WASHINGTON — The U.S. Supreme Court dealt a crippling blow Wednesday to unions representing millions of the nation’s public employees.
The justices said in a 5-4 opinion that state government workers who choose not to join a union cannot be compelled to pay a share of union dues for covering the cost of negotiating contracts. Unions had said such an outcome would cut off a source of income and diminish their political clout in the 23 states where they bargain for both members and non-members alike.
A recent non-partisan study predicted that a Supreme Court defeat would eventually cause public employee unions to lose 726,000 members, a significant blow in one of organized labor’s remaining strongholds. Nearly half of all union members in the U.S. are government employees.
President Donald Trump tweeted shortly after the ruling that it was a “Big loss of the coffers of the Democrats!”
Supreme Court rules in favor of non-union workers who are now, as an example, able to support a candidate of his or her choice without having those who control the Union deciding for them. Big loss for the coffers of the Democrats!

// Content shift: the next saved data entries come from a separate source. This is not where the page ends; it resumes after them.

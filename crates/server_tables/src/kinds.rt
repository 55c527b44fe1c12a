ghost use Rattle.std.specs.Prelude.{◌≡◌};
ghost use Rattle.server_tables.specs.Contents.{no_contents};

use crate::{BucketMap, Extent, FlatTables, SortedMap};
use std::alloc::Global;
use std::hash::{BuildHasherDefault, FoldHasher, RandomState};

/// Tables whose labels stand in sorted vectors: a label that comes after the others moves none of them, and any
/// other moves those after it.
pub type SortedTables = FlatTables<SortedMap<Extent>, SortedMap<[u8; 8]>, SortedMap<()>>;

/// A hash that is the same in each run.
type Fixed = BuildHasherDefault<FoldHasher>;

/// Tables whose labels stand in the buckets of hash tables, which double when they are full. The hash is the same in each
/// run, so whoever chooses the labels can have them all stand in one bucket.
pub type BucketTables = FlatTables<
    BucketMap<Extent, Fixed>,
    BucketMap<[u8; 8], Fixed>,
    BucketMap<(), Fixed>,
>;

/// The same with a hash under keys that are drawn when the tables are made: whoever chooses the labels doesn't know
/// where they stand.
pub type SeededTables = FlatTables<
    BucketMap<Extent, RandomState>,
    BucketMap<[u8; 8], RandomState>,
    BucketMap<(), RandomState>,
>;

impl SortedTables {
    /// Tables of nothing. Takes no memory.
    pub fn new(alloc: Global) -> Self
        ensures { result.contents ≡ no_contents }
    {
        FlatTables::over(
            alloc,
            SortedMap::new(alloc),
            SortedMap::new(alloc),
            SortedMap::new(alloc),
        )
    }
}

impl BucketTables {
    /// Tables of nothing. Takes no memory.
    pub fn new(alloc: Global) -> Self
        ensures { result.contents ≡ no_contents }
    {
        FlatTables::over(
            alloc,
            BucketMap::new(alloc, Fixed::new()),
            BucketMap::new(alloc, Fixed::new()),
            BucketMap::new(alloc, Fixed::new()),
        )
    }
}

impl SeededTables {
    /// Tables of nothing, whose hashes are under these keys. Takes no memory.
    pub fn new(alloc: Global, keys: RandomState) -> Self
        ensures { result.contents ≡ no_contents }
    {
        FlatTables::over(
            alloc,
            BucketMap::new(alloc, keys),
            BucketMap::new(alloc, keys),
            BucketMap::new(alloc, keys),
        )
    }
}
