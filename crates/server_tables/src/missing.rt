use std::error::Error;
use std::fmt;

/// The label or the number that is to be taken out isn't there. Nothing has changed.
#[derive(Clone, Copy, Debug, PartialEq, Eq)]
pub struct Missing;

impl fmt::Display for Missing {
    ghost use Rattle.std.specs.Prelude.{Some, codes};

    ghost output = { λ _. Some (codes "the label or the number is not there") };

    fn fmt<W: fmt::Write>(&self, f: &mut fmt::Formatter<W>) -> fmt::Result {
        f.write_str("the label or the number is not there")
    }
}

impl Error for Missing {}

— Donald J. Trump (@realDonaldTrump) June 27, 2018
The court has long held that requiring non-union members to pay the full amount of union dues would violate their right of free expression, forcing them to subsidize a union’s political activities whether they agree with its goals or not.
But in 1977, the Court said non-union employees could be required to pay a portion of union dues, known as agency fees, to cover the cost of collective bargaining and prevent “free riders” — workers who get the benefits of a union contract without paying for it.
Wednesday’s ruling overturned that earlier decision.
“States and public-sector unions may no longer extract agency fees from nonconsenting employees,” Justice Samuel Alito said in his majority opinion for the court’s five conservative justices.
Justice Elena Kagan wrote in her dissent, joined by the court’s three other liberals, of the big impact of the decision.
“There is no sugarcoating today’s opinion. The majority overthrows a decision entrenched in this Nation’s law — and its economic life — for over 40 years,” Kagan said. “As a result, it prevents the American people, acting through their state and local officials, from making important choices about workplace governance. And it does so by weaponizing the First Amendment, in a way that unleashes judges, now and in the future, to intervene in economic and regulatory policy.”
The current challenge began with a lawsuit against an Illinois public sector union filed by Gov. Bruce Rauner, a Republican. He was eventually dropped from the litigation, but a state child support specialist, Mark Janus, carried on the fight. He claimed that the dues requirement violated his freedom of association, arguing that even the positions unions take in collective bargaining are essentially political because the quality of public services is at stake.
The court deadlocked 4-4 on the same issue two years ago in a case brought by a group of California teachers opposed to paying the dues. Since then conservative Neil Gorsuch joined the court, providing the fifth vote opponents needed to strike the fees down.